Maybe it is and maybe it isn't, but there are plenty of native Hawaiians living on Maui: The closest any of them get to Merriman's is as a parking valet. We have a servant class in this country, something that is rarely more evident than when one goes on vacation, where it is always the predominant local ethnic minority that parks car, cleans rooms, launders linen, washes dishes, and carries bags for the white guests.

They're conspicuously absent, though, when it comes to waiting tables in expensive restaurants. When the service job pays well, suddenly the most obvious members of the servant class are nowhere to be found. Perhaps there's something intimate about relationship between the server and the patron about to order an expensive meal that subtly directs high-end restaurants to populate that part of the servant class with smiling, familiar white faces.

And I, I partake in this feast, this American dream meant for the likes of me but not for others. Am I simply enjoying life as should we all, or am I inevitably bowing to the demons of race and class?...

Today, we drove the winding roads along the mountains of West Maui, which is surely one of the most breathtaking and -- with its plethora of dips, sudden rises, and hairpin turns on cliff's edge -- hair raising roads in the country. We stopped often to watch pods of whales that had maneuvered themselves in close to shore, the babies breaching, adults fluking, and everyone spouting, the abrupt boom of an adult fin slapping the water carrying across the surface and on up to us.

In Hotel Honolulu, Paul Theroux describes Hawaii thus:
Hawaii is hot and cold volcanoes, clear skies, and open ocean. Like most Pacific islands it is all edge, no centre, very shallow, very narrow, a set of green bowls, turned upside down in the sea, the lips of the coastline surrounding the bulges of porous mountains. This crockery is draped in a thickness of green so folded it is hidden and softened. Above the blazing beaches were the gorgeous green pleats of the mountains.
Couldn't have said it better myself.

5 comments:

Bigezbear said...

Love that picture. A lot.

K. said...

Thanks, Glenn. The bench is on a trail in West Maui. I used my iPhone, Hipstamatic app, Roboto Glitter lens, Ina69 film.

Bigezbear said...

Well, I don't know what any of that is, but the picture sure is nice ;-)

Taradharma said...

I have noticed the same thing in high-end restaurants on the big island.
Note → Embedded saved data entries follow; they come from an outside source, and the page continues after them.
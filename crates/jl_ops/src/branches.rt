//! Branches and switches (JVMS 6.5).

ghost use Rattle.std.specs.Prelude.{◌≡◌, IsSome};
ghost use Rattle.jl_heap.specs.Frames.{top_of};
ghost use Rattle.jl_ops.specs.Operands.{Does};
ghost use Rattle.jl_ops.specs.Branches as words;

use crate::arithmetic::holds;
use crate::operands::{int_under, ref_under};
use crate::row::{Condition, Test};
use crate::stop::Stop;
use jl_heap::Frames;
use jl_prim::ObjRef;

/// Whether two references are of the same object, or null both.
fn is_same(a: Option<ObjRef>, b: Option<ObjRef>) -> bool
    ensures { result ≡ words.is_same a b }
{
    match (a, b) {
        (None, None) => true,
        (Some(a), Some(b)) => a.0 == b.0,
        _ => false,
    }
}

#[tactic(auto, unfolding(crate::specs::Branches::tested))]
fn test_zero(frames: &mut Frames, condition: Condition) -> Result<bool, Stop>
    requires { IsSome (top_of frames.old) }
    ensures does { words.Tests (words.tested (Test.Zero condition) frames.old) frames.old result frames.new }
    ensures frame { IsSome (top_of frames.new) }
{
    let n = int_under(frames, 0)?;
    frames.pop();
    Ok(holds(condition, n, 0))
}

#[tactic(auto, unfolding(crate::specs::Branches::tested))]
fn test_ints(frames: &mut Frames, condition: Condition) -> Result<bool, Stop>
    requires { IsSome (top_of frames.old) }
    ensures does { words.Tests (words.tested (Test.Ints condition) frames.old) frames.old result frames.new }
    ensures frame { IsSome (top_of frames.new) }
{
    let b = int_under(frames, 0)?;
    let a = int_under(frames, 1)?;
    frames.pop();
    frames.pop();
    Ok(holds(condition, a, b))
}

#[tactic(auto, unfolding(crate::specs::Branches::tested))]
fn test_same(frames: &mut Frames, wants: bool) -> Result<bool, Stop>
    requires { IsSome (top_of frames.old) }
    ensures does { words.Tests (words.tested (Test.Same wants) frames.old) frames.old result frames.new }
    ensures frame { IsSome (top_of frames.new) }
{
    let b = ref_under(frames, 0)?;
    let a = ref_under(frames, 1)?;
    frames.pop();
    frames.pop();
    Ok(is_same(a, b) == wants)
}

#[tactic(auto, unfolding(crate::specs::Branches::tested))]
fn test_null(frames: &mut Frames, wants: bool) -> Result<bool, Stop>
    requires { IsSome (top_of frames.old) }
    ensures does { words.Tests (words.tested (Test.Null wants) frames.old) frames.old result frames.new }
    ensures frame { IsSome (top_of frames.new) }
{
    let o = ref_under(frames, 0)?;
    frames.pop();
    Ok(o.is_none() == wants)
}

/// Takes the operands of a branch, and answers whether it is taken itself.
#[tactic(auto, unfolding(crate::specs::Branches::tested))]
fn is_taken(frames: &mut Frames, test: Test) -> Result<bool, Stop>
    requires { IsSome (top_of frames.old) }
    ensures does { words.Tests (words.tested test frames.old) frames.old result frames.new }
    ensures frame { IsSome (top_of frames.new) }
{
    match test {
        Test::Always => Ok(true),
        Test::Zero(condition) => test_zero(frames, condition),
        Test::Ints(condition) => test_ints(frames, condition),
        Test::Same(wants) => test_same(frames, wants),
        Test::Null(wants) => test_null(frames, wants),
    }
}

/// A branch to a place, which the next place stands for where it is not taken.
#[tactic(auto, unfolding(crate::specs::Branches::branched))]
pub fn branch(frames: &mut Frames, test: Test, place: u32, next: u32) -> Result<(), Stop>
    requires { IsSome (top_of frames.old) }
    ensures { Does (words.branched test place next frames.old) frames.old result frames.new }
{
    let is_taken = is_taken(frames, test)?;
    frames.set_pc(if is_taken { place } else { next });
    Ok(())
}

/// The place of the first case with a key, and that of all other keys where there is none.
fn chosen(key: i32, other: u32, cases: &[(i32, u32)]) -> u32
    ensures { result ≡ words.chosen key other cases.now }
{
    let mut rest = cases;
    while let [(of, place), others @ ..] = rest {
        if *of == key {
            return *place;
        }
        rest = others;
    }
    other
}

/// A switch, to the place of its key.
#[tactic(auto, unfolding(crate::specs::Branches::switched))]
pub fn switch(frames: &mut Frames, other: u32, cases: &[(i32, u32)]) -> Result<(), Stop>
    requires { IsSome (top_of frames.old) }
    ensures { Does (words.switched other cases.now frames.old) frames.old result frames.new }
{
    let key = int_under(frames, 0)?;
    frames.pop();
    frames.set_pc(chosen(key, other, cases));
    Ok(())
}
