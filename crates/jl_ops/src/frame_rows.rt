//! The rows that change the top frame alone (JVMS 6.5).

ghost use Rattle.std.specs.Prelude.{◌≡◌, IsSome};
ghost use Rattle.std.specs.Int.{int_wrapping_neg, w32};
ghost use Rattle.jl_heap.specs.Frames.{top_of};
ghost use Rattle.jl_ops.specs.Arithmetic as arithmetic;
ghost use Rattle.jl_ops.specs.Operands.{Does};
ghost use Rattle.jl_ops.specs.FrameRows as words;

use crate::arithmetic::{compared, cut, int_result, long_result, low_int, shifted_long};
use crate::locals::{increase, load, store};
use crate::operands::{int_under, long_under, need_room, put_value, ref_under, value_slots};
use crate::row::{FrameRow, IntOp, IntType, LongOp, Shift};
use crate::stacks::rearrange;
use crate::stop::Stop;
use jl_heap::{Frames, Value};

/// Pushes a constant.
#[tactic(auto, unfolding(crate::specs::FrameRows::pushed))]
fn push(frames: &mut Frames, v: Value) -> Result<(), Stop>
    requires { IsSome (top_of frames.old) }
    ensures does { Does (words.pushed v frames.old) frames.old result frames.new }
    ensures frame { IsSome (top_of frames.new) }
{
    need_room(frames, value_slots(v))?;
    put_value(frames, v);
    Ok(())
}

/// Takes two ints, of which the second lies on top, and puts what is computed of them.
#[tactic(auto, unfolding(crate::specs::FrameRows::ints_computed))]
fn compute_ints(frames: &mut Frames, op: IntOp) -> Result<(), Stop>
    requires { IsSome (top_of frames.old) }
    ensures does { Does (words.ints_computed op frames.old) frames.old result frames.new }
    ensures frame { IsSome (top_of frames.new) }
{
    let b = int_under(frames, 0)?;
    let a = int_under(frames, 1)?;
    let Some(n) = int_result(op, a, b) else {
        return Err(Stop::ZeroDivisor);
    };
    frames.pop();
    frames.pop();
    frames.put(Value::Int(n));
    Ok(())
}

/// Takes two longs, of which the second lies on top, and puts what is computed of them.
#[tactic(auto, unfolding(crate::specs::FrameRows::longs_computed))]
fn compute_longs(frames: &mut Frames, op: LongOp) -> Result<(), Stop>
    requires { IsSome (top_of frames.old) }
    ensures does { Does (words.longs_computed op frames.old) frames.old result frames.new }
    ensures frame { IsSome (top_of frames.new) }
{
    let b = long_under(frames, 0)?;
    let a = long_under(frames, 2)?;
    let Some(n) = long_result(op, a, b) else {
        return Err(Stop::ZeroDivisor);
    };
    frames.pop();
    frames.pop();
    frames.pop();
    frames.pop();
    put_value(frames, Value::Long(n));
    Ok(())
}

/// Takes a count and a long under it, and puts the long shifted.
#[tactic(auto, unfolding(crate::specs::FrameRows::long_shifted))]
fn shift_long(frames: &mut Frames, shift: Shift) -> Result<(), Stop>
    requires { IsSome (top_of frames.old) }
    ensures does { Does (words.long_shifted shift frames.old) frames.old result frames.new }
    ensures frame { IsSome (top_of frames.new) }
{
    let b = int_under(frames, 0)?;
    let a = long_under(frames, 1)?;
    frames.pop();
    frames.pop();
    frames.pop();
    put_value(frames, Value::Long(shifted_long(shift, a, b)));
    Ok(())
}

#[tactic(auto, unfolding(crate::specs::FrameRows::int_changed))]
fn negate_int(frames: &mut Frames) -> Result<(), Stop>
    requires { IsSome (top_of frames.old) }
    ensures does { Does (words.int_changed (λ n. int_wrapping_neg w32 n) frames.old) frames.old result frames.new }
    ensures frame { IsSome (top_of frames.new) }
{
    let n = int_under(frames, 0)?;
    frames.pop();
    frames.put(Value::Int(n.wrapping_neg()));
    Ok(())
}

#[tactic(auto, unfolding(crate::specs::FrameRows::long_negated))]
fn negate_long(frames: &mut Frames) -> Result<(), Stop>
    requires { IsSome (top_of frames.old) }
    ensures does { Does (words.long_negated frames.old) frames.old result frames.new }
    ensures frame { IsSome (top_of frames.new) }
{
    let n = long_under(frames, 0)?;
    frames.pop();
    frames.pop();
    put_value(frames, Value::Long(n.wrapping_neg()));
    Ok(())
}

/// Takes an int, and puts it as a long.
#[tactic(auto, unfolding(crate::specs::FrameRows::widened))]
fn widen(frames: &mut Frames) -> Result<(), Stop>
    requires { IsSome (top_of frames.old) }
    ensures does { Does (words.widened frames.old) frames.old result frames.new }
    ensures frame { IsSome (top_of frames.new) }
{
    let n = int_under(frames, 0)?;
    need_room(frames, 1)?;
    frames.pop();
    put_value(frames, Value::Long(i64::from(n)));
    Ok(())
}

/// Takes a long, and puts its low 32 bits as an int.
#[tactic(auto, unfolding(crate::specs::FrameRows::narrowed))]
fn narrow(frames: &mut Frames) -> Result<(), Stop>
    requires { IsSome (top_of frames.old) }
    ensures does { Does (words.narrowed frames.old) frames.old result frames.new }
    ensures frame { IsSome (top_of frames.new) }
{
    let n = long_under(frames, 0)?;
    frames.pop();
    frames.pop();
    frames.put(Value::Int(low_int(n)));
    Ok(())
}

/// Takes an int, and puts it cut to a type.
#[tactic(auto, unfolding(crate::specs::FrameRows::int_changed))]
fn cut_int(frames: &mut Frames, to: IntType) -> Result<(), Stop>
    requires { IsSome (top_of frames.old) }
    ensures does { Does (words.int_changed (arithmetic.cut to) frames.old) frames.old result frames.new }
    ensures frame { IsSome (top_of frames.new) }
{
    let n = int_under(frames, 0)?;
    frames.pop();
    frames.put(Value::Int(cut(to, n)));
    Ok(())
}

/// Takes two longs, of which the second lies on top, and puts how they compare.
#[tactic(auto, unfolding(crate::specs::FrameRows::longs_compared))]
fn compare_longs(frames: &mut Frames) -> Result<(), Stop>
    requires { IsSome (top_of frames.old) }
    ensures does { Does (words.longs_compared frames.old) frames.old result frames.new }
    ensures frame { IsSome (top_of frames.new) }
{
    let b = long_under(frames, 0)?;
    let a = long_under(frames, 2)?;
    frames.pop();
    frames.pop();
    frames.pop();
    frames.pop();
    frames.put(Value::Int(compared(a, b)));
    Ok(())
}

/// Enters or leaves the monitor of an object, which is taken.
#[tactic(auto, unfolding(crate::specs::FrameRows::monitored))]
fn take_monitor(frames: &mut Frames) -> Result<(), Stop>
    requires { IsSome (top_of frames.old) }
    ensures does { Does (words.monitored frames.old) frames.old result frames.new }
    ensures frame { IsSome (top_of frames.new) }
{
    if ref_under(frames, 0)?.is_none() {
        return Err(Stop::Null);
    }
    frames.pop();
    Ok(())
}

/// Executes a row that changes the top frame alone.
#[tactic(auto, unfolding(crate::specs::FrameRows::frame_row))]
pub fn frame_row(frames: &mut Frames, row: FrameRow) -> Result<(), Stop>
    requires { IsSome (top_of frames.old) }
    ensures does { Does (words.frame_row row frames.old) frames.old result frames.new }
    ensures frame { IsSome (top_of frames.new) }
{
    match row {
        FrameRow::Nothing => Ok(()),
        FrameRow::Constant(v) => push(frames, v),
        FrameRow::Load(kind, local) => load(frames, kind, local),
        FrameRow::Store(kind, local) => store(frames, kind, local),
        FrameRow::Increase(local, more) => increase(frames, local, more),
        FrameRow::Stack(op) => rearrange(frames, op),
        FrameRow::Ints(op) => compute_ints(frames, op),
        FrameRow::Longs(op) => compute_longs(frames, op),
        FrameRow::ShiftLong(shift) => shift_long(frames, shift),
        FrameRow::NegateInt => negate_int(frames),
        FrameRow::NegateLong => negate_long(frames),
        FrameRow::IntToLong => widen(frames),
        FrameRow::LongToInt => narrow(frames),
        FrameRow::Cut(to) => cut_int(frames, to),
        FrameRow::CompareLongs => compare_longs(frames),
        FrameRow::Monitor => take_monitor(frames),
    }
}
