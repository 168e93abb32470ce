//! Laws of the rows: none is left out, and references stay right. There is nothing to run.

ghost use Rattle.std.specs.Prelude.{IsTrue};
ghost use Rattle.jl_ops.specs.Laws.{holds_below, is_shared_out, is_type_shared_out};
ghost use Rattle.jl_ops.specs.Naming.{RowsKeepNames};

use jl_heap::objects_stay;

/// Says that each opcode is executed here, but for those that make a stub and those that ask for classes, and
/// `newarray` of each type but those of `float` and `double` (JVMS 6.5).
pub fn each_opcode_is_shared_out()
    ensures opcodes { IsTrue (holds_below is_shared_out 256) }
    ensures types { IsTrue (holds_below is_type_shared_out 256) }
{}

/// Says that an instruction which goes on leaves a store whose references name objects of its heap, where they did.
pub fn rows_keep_names()
    ensures { RowsKeepNames }
{
    objects_stay();
}
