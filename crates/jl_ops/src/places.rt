//! The place behind an instruction (JVMS 4.7.3, 6.5).

ghost use Rattle.std.specs.Prelude.{◌≡◌, ◌≤◌};
ghost use Rattle.jl_code.specs.Places.{size_of};
ghost use Rattle.jl_optable.specs.Rows.{form_of};
ghost use Rattle.jl_ops.specs.Places as words;

use jl_code::Instr;
use jl_optable::{Operands, op_table, ops};

/// How many bytes operands take that always take as many.
fn size_of(operands: Operands) -> u32
    ensures exact { result ≡ size_of operands }
    ensures few { result ≤ 4 }
{
    match operands {
        Operands::Byte | Operands::Local | Operands::Index1 => 1,
        Operands::Short | Operands::Index2 | Operands::Inc | Operands::Target2 => 2,
        Operands::Multi => 3,
        Operands::Target4 | Operands::Interface | Operands::Dynamic => 4,
        _ => 0,
    }
}

/// How many bytes the operands of an opcode take.
fn operands_size(op: u8) -> u32
    ensures exact { result ≡ words.operands_size (form_of op) }
    ensures few { result ≤ 4 }
{
    match op_table().form(op) {
        Some(form) => size_of(form.operands),
        None => 0,
    }
}

/// How many bytes an instruction takes.
fn instr_size(instr: &Instr) -> u32
    ensures { result ≡ words.instr_size instr.now }
{
    if !instr.wide {
        1 + operands_size(instr.op)
    } else if instr.op == ops::IINC {
        6
    } else {
        4
    }
}

/// The place behind an instruction, which is not that of a switch: a switch always leads elsewhere.
pub fn next_place(instr: &Instr) -> u32
    ensures { result ≡ words.next_place instr.now }
{
    instr.at.saturating_add(instr_size(instr))
}
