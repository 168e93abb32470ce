//! What lies on the top frame's stack and in its locals, value by value (JVMS 2.6.1, 2.6.2).

ghost use Rattle.std.specs.Prelude.{◌≡◌, ◌+◌, ◌-◌, ◌≤◌, ◌<◌, IfOk, IsSome, OnOk, MatchResult};
ghost use Rattle.jl_heap.specs.Frames.{top_of, height_in, locals_in, room_in, StaysOnTop};
ghost use Rattle.jl_ops.specs.Operands as words;

use crate::stop::Stop;
use jl_heap::{Frames, Kind, Value};
use jl_prim::ObjRef;

/// The value so many slots below the top of the stack. What is missing, or cuts a long, is `Top`.
pub fn value_under(frames: &Frames, down: usize) -> Value
    requires frame { IsSome (top_of frames.now) }
    requires few { down < 65536 }
    ensures value { result ≡ words.value_under frames.now down }
    ensures deep { words.IsDeep result down (height_in frames.now) }
{
    match (frames.peek(down), frames.peek(down + 1)) {
        (Some(Value::Top), Some(Value::Long(n))) => Value::Long(n),
        (Some(Value::Int(n)), _) => Value::Int(n),
        (Some(Value::Ref(o)), _) => Value::Ref(o),
        _ => Value::Top,
    }
}

/// The value in the local with a number. What cuts a long, or holds nothing, is `Top`.
pub fn value_in_local(frames: &Frames, local: u16) -> Value
    requires { local < locals_in frames.now }
    ensures { result ≡ words.value_in_local frames.now local }
{
    let next = local as usize + 1;
    let upper = if next < frames.max_locals() as usize {
        Some(frames.local(next))
    } else {
        None
    };
    match (frames.local(local as usize), upper) {
        (Value::Long(n), Some(Value::Top)) => Value::Long(n),
        (Value::Int(n), _) => Value::Int(n),
        (Value::Ref(o), _) => Value::Ref(o),
        _ => Value::Top,
    }
}

/// The value, where it is of the kind that is wanted.
pub fn wanted(kind: Kind, v: Value) -> Result<Value, Stop>
    ensures value { result ≡ words.wanted kind v }
    ensures slots { IfOk result (λ w. words.value_slots w ≡ words.kind_slots kind) }
{
    match (kind, v) {
        (Kind::Int, Value::Int(_)) | (Kind::Long, Value::Long(_)) | (Kind::Ref, Value::Ref(_)) => {
            Ok(v)
        }
        _ => Err(Stop::Stuck(kind, v.kind())),
    }
}

/// The int so many slots below the top of the stack.
pub fn int_under(frames: &Frames, down: usize) -> Result<i32, Stop>
    requires frame { IsSome (top_of frames.now) }
    requires few { down < 65536 }
    ensures value { result ≡ words.int_under frames.now down }
    ensures deep { OnOk result (down + 1 ≤ height_in frames.now) }
{
    match value_under(frames, down) {
        Value::Int(n) => Ok(n),
        v => Err(Stop::Stuck(Kind::Int, v.kind())),
    }
}

/// The long so many slots below the top of the stack.
pub fn long_under(frames: &Frames, down: usize) -> Result<i64, Stop>
    requires frame { IsSome (top_of frames.now) }
    requires few { down < 65536 }
    ensures value { result ≡ words.long_under frames.now down }
    ensures deep { OnOk result (down + 2 ≤ height_in frames.now) }
{
    match value_under(frames, down) {
        Value::Long(n) => Ok(n),
        v => Err(Stop::Stuck(Kind::Long, v.kind())),
    }
}

/// The reference so many slots below the top of the stack.
pub fn ref_under(frames: &Frames, down: usize) -> Result<Option<ObjRef>, Stop>
    requires frame { IsSome (top_of frames.now) }
    requires few { down < 65536 }
    ensures value { result ≡ words.ref_under frames.now down }
    ensures deep { OnOk result (down + 1 ≤ height_in frames.now) }
{
    match value_under(frames, down) {
        Value::Ref(o) => Ok(o),
        v => Err(Stop::Stuck(Kind::Ref, v.kind())),
    }
}

/// The slots that a value takes.
pub fn value_slots(v: Value) -> u16
    ensures { result ≡ words.value_slots v }
{
    match v {
        Value::Long(_) => 2,
        _ => 1,
    }
}

/// Puts a value on the stack, a long as its two slots.
pub fn put_value(frames: &mut Frames, v: Value)
    requires { words.value_slots v ≤ room_in frames.old }
    ensures put { frames.new ≡ words.put_value v frames.old }
    ensures frame { StaysOnTop frames.old frames.new (height_in frames.old + words.value_slots v) }
{
    frames.put(v);
    if let Value::Long(_) = v {
        frames.put(Value::Top);
    }
}

/// Takes a value from the stack, a long as its two slots.
pub fn pop_value(frames: &mut Frames, v: Value)
    requires { IsSome (top_of frames.old) }
    ensures popped { frames.new ≡ words.without_top v frames.old }
    ensures frame { StaysOnTop frames.old frames.new (height_in frames.old - words.value_slots v) }
{
    frames.pop();
    if let Value::Long(_) = v {
        frames.pop();
    }
}

/// Fails where the stack has no room for so many slots more.
pub fn need_room(frames: &Frames, slots: u16) -> Result<(), Stop>
    requires { IsSome (top_of frames.now) }
    ensures { MatchResult result (λ _. slots ≤ room_in frames.now) (λ e. (room_in frames.now < slots) × (e ≡ words.no_room)) }
{
    if frames.room() < slots {
        return Err(no_room());
    }
    Ok(())
}

/// How a row stops that takes slots whatever they hold, where one is missing or cuts a long.
pub fn no_slot() -> Stop
    ensures { result ≡ words.no_slot }
{
    Stop::Stuck(Kind::Top, Kind::Top)
}

/// How a row stops that names a local which the frame does not have, or for whose result the stack has no room.
pub fn no_room() -> Stop
    ensures { result ≡ words.no_room }
{
    Stop::Stuck(Kind::Top, Kind::Top)
}
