//! What is computed of ints and longs (JLS 4.2.2, 15.17 to 15.22; JVMS 6.5).

ghost use Rattle.std.specs.Prelude.{◌≡◌};
ghost use Rattle.jl_ops.specs.Arithmetic as words;

use crate::row::{Condition, IntOp, IntType, LongOp, Shift};

/// An int that is shifted by the low five bits of another.
fn shifted_int(shift: Shift, a: i32, b: i32) -> i32
    ensures { result ≡ words.shifted_int shift a b }
{
    let count = b.cast_unsigned() % 32;
    match shift {
        Shift::Left => a << count,
        Shift::Right => a >> count,
        Shift::UnsignedRight => (a.cast_unsigned() >> count).cast_signed(),
    }
}

/// A long that is shifted by the low six bits of an int.
pub fn shifted_long(shift: Shift, a: i64, b: i32) -> i64
    ensures { result ≡ words.shifted_long shift a b }
{
    let count = b.cast_unsigned() % 64;
    match shift {
        Shift::Left => a << count,
        Shift::Right => a >> count,
        Shift::UnsignedRight => (a.cast_unsigned() >> count).cast_signed(),
    }
}

/// What is computed of two ints. None of a division by zero.
pub fn int_result(op: IntOp, a: i32, b: i32) -> Option<i32>
    ensures { result ≡ words.int_result op a b }
{
    Some(match op {
        IntOp::Add => a.wrapping_add(b),
        IntOp::Sub => a.wrapping_sub(b),
        IntOp::Mul => a.wrapping_mul(b),
        IntOp::Div => return int_quotient(a, b),
        IntOp::Rem => return int_remainder(a, b),
        IntOp::And => a & b,
        IntOp::Or => a | b,
        IntOp::Xor => a ^ b,
        IntOp::Shift(shift) => shifted_int(shift, a, b),
    })
}

fn int_quotient(a: i32, b: i32) -> Option<i32>
    ensures { result ≡ words.int_result IntOp.Div a b }
{
    if b == 0 {
        return None;
    }
    Some(a.wrapping_div(b))
}

fn int_remainder(a: i32, b: i32) -> Option<i32>
    ensures { result ≡ words.int_result IntOp.Rem a b }
{
    if b == 0 {
        return None;
    }
    Some(a.wrapping_rem(b))
}

/// What is computed of two longs. None of a division by zero.
pub fn long_result(op: LongOp, a: i64, b: i64) -> Option<i64>
    ensures { result ≡ words.long_result op a b }
{
    Some(match op {
        LongOp::Add => a.wrapping_add(b),
        LongOp::Sub => a.wrapping_sub(b),
        LongOp::Mul => a.wrapping_mul(b),
        LongOp::Div => return long_quotient(a, b),
        LongOp::Rem => return long_remainder(a, b),
        LongOp::And => a & b,
        LongOp::Or => a | b,
        LongOp::Xor => a ^ b,
    })
}

fn long_quotient(a: i64, b: i64) -> Option<i64>
    ensures { result ≡ words.long_result LongOp.Div a b }
{
    if b == 0 {
        return None;
    }
    Some(a.wrapping_div(b))
}

fn long_remainder(a: i64, b: i64) -> Option<i64>
    ensures { result ≡ words.long_result LongOp.Rem a b }
{
    if b == 0 {
        return None;
    }
    Some(a.wrapping_rem(b))
}

/// The low 32 bits of a long, as an int.
pub fn low_int(n: i64) -> i32
    ensures { result ≡ words.low_int n }
{
    ((n.cast_unsigned() % 0x1_0000_0000) as u32).cast_signed()
}

/// An int cut to a type.
pub fn cut(to: IntType, n: i32) -> i32
    ensures { result ≡ words.cut to n }
{
    let bits = n.cast_unsigned();
    match to {
        IntType::Int => n,
        IntType::Byte => i32::from(((bits % 0x100) as u8).cast_signed()),
        IntType::Char => i32::from((bits % 0x1_0000) as u16),
        IntType::Short => i32::from(((bits % 0x1_0000) as u16).cast_signed()),
    }
}

/// The low bit of an int.
pub fn low_bit(n: i32) -> i32
    ensures { result ≡ words.low_bit n }
{
    (n.cast_unsigned() % 2).cast_signed()
}

/// How two longs compare: -1, 0 or 1.
pub fn compared(a: i64, b: i64) -> i32
    ensures { result ≡ words.compared a b }
{
    if a < b {
        -1
    } else if a == b {
        0
    } else {
        1
    }
}

/// Whether two ints compare so.
pub fn holds(condition: Condition, a: i32, b: i32) -> bool
    ensures { result ≡ words.holds condition a b }
{
    match condition {
        Condition::Equal => a == b,
        Condition::NotEqual => a != b,
        Condition::Less => a < b,
        Condition::GreaterOrEqual => a >= b,
        Condition::Greater => a > b,
        Condition::LessOrEqual => a <= b,
    }
}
I can't help myself -- I notice shit like that! Doesn't take away from the food, though, and yours sounds delicious beyond belief!!!

Maybe someday we'll have class warfare like Egypt, and the have-nots will decide they've had enough of not having enough. I'd like that, actually.

Unknown said...

Never been to Hawaii, but no matter--- your thesis holds true everywhere, from New York to Alaska and, I suspect, is not limited to this country or this era-- Didn't Marie Antoinette say " let them eat cake?" and look what happened to her.